§ SOURCE MATERIAL:
// A piece of the input.
ghost use Rattle.std.specs.Prelude.{◌≡◌, ◌≤◌, ◌+◌, [], ◌∷◌, take, drop, length, Some, None, OnOk, OnErr};
ghost use Rattle.std.specs.Io.KnownBytes.{Consumes};
ghost use Rattle.ecam_io.specs.Outside.{Rose, Appended};
ghost use Rattle.record_lines.specs.Reads.{IsSpent, piece_call};

use ecam_io::{Failed, Source};
use std::marker::Model;

// How many bytes a piece has at most.
const PIECE: usize = 4096;

// The bytes that were read last, and how far they were gone through.
#[derive(Drop)]
pub(crate) struct Piece {
    buffer: [u8; PIECE],
    start: usize,
    end: usize,
}

impl Model for Piece {
    ghost use Rattle.std.specs.Prelude.{ℕ, ◌≤◌, List, slice_range};

    ghost Value = { List ℕ };

    ghost view = { λ p. slice_range p.buffer p.start p.end };

    ghost invariant = { λ p. (p.start ≤ p.end) × (p.end ≤ 4096) };
}

impl Piece {
    // A piece with nothing left.
    pub(crate) fn new() -> Piece
        ensures { result ≡ [] }
    {
        Piece {
            buffer: [0; PIECE],
            start: 0,
            end: 0,
        }
    }

    // What is left of it.
    pub(crate) fn bytes(&self) -> &[u8]
        ensures all { result.now ≡ self.now }
        ensures few { length self.now ≤ 4096 }
    {
        &self.buffer[self.start..self.end]
    }

    // Goes past the first of its bytes.
    pub(crate) fn skip(&mut self, count: usize)
        requires { count ≤ length self.old }
        ensures { self.new ≡ drop count self.old }
    {
        self.start += count;
    }

    // Keeps the first of its bytes.
    pub(crate) fn cut(&mut self, count: usize)
        requires { count ≤ length self.old }
        ensures { self.new ≡ take count self.old }
    {
        self.end = self.start + count;
    }

    // Reads the next piece in place of this one. No bytes are the source's end.
    pub(crate) fn read<S: Source>(&mut self, source: &mut S) -> Result<(), Failed>
        ensures moved { OnOk result (Consumes (S.left source.old) (S.left source.new) self.new) }
        ensures end { OnOk result (self.new ≡ []
            → IsSpent (S.left source.old) (S.left source.new)) }
        ensures few { length self.new ≤ 4096 }
        ensures none { OnErr result (self.new ≡ []) }
        ensures kept { OnErr result (S.left source.new ≡ S.left source.old) }
        ensures is_open { S.is_open source.new ≡ S.is_open source.old }
        ensures files { S.files source.new ≡ S.files source.old }
        ensures opens { S.opens source.new ≡ S.opens source.old }
        ensures gave { OnOk result (Appended S.reads source.old source.new
            (piece_call (Some (length self.new)) ∷ [])) }
        ensures failed { OnErr result (Appended S.reads source.old source.new
            (piece_call None ∷ [])) }
        ensures faults { S.faults source.old ≤ S.faults source.new }
        ensures quiet { OnOk result (S.faults source.new ≡ S.faults source.old) }
        ensures cause { OnErr result (Rose (S.faults source.old) (S.faults source.new)) }
    {
        self.start = 0;
        self.end = 0;
        self.end = source.read(&mut self.buffer)?;
        Ok(())
    }
}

§ PROBLEM STATEMENT: What is needed is an exact copy of the entries from their first line down to the line with "were gone through.", that line included, and nothing beyond it.

§ WRITTEN RESPONSE:
// A piece of the input.
ghost use Rattle.std.specs.Prelude.{◌≡◌, ◌≤◌, ◌+◌, [], ◌∷◌, take, drop, length, Some, None, OnOk, OnErr};
ghost use Rattle.std.specs.Io.KnownBytes.{Consumes};
ghost use Rattle.ecam_io.specs.Outside.{Rose, Appended};
ghost use Rattle.record_lines.specs.Reads.{IsSpent, piece_call};

use ecam_io::{Failed, Source};
use std::marker::Model;

// How many bytes a piece has at most.
const PIECE: usize = 4096;

// The bytes that were read last, and how far they were gone through.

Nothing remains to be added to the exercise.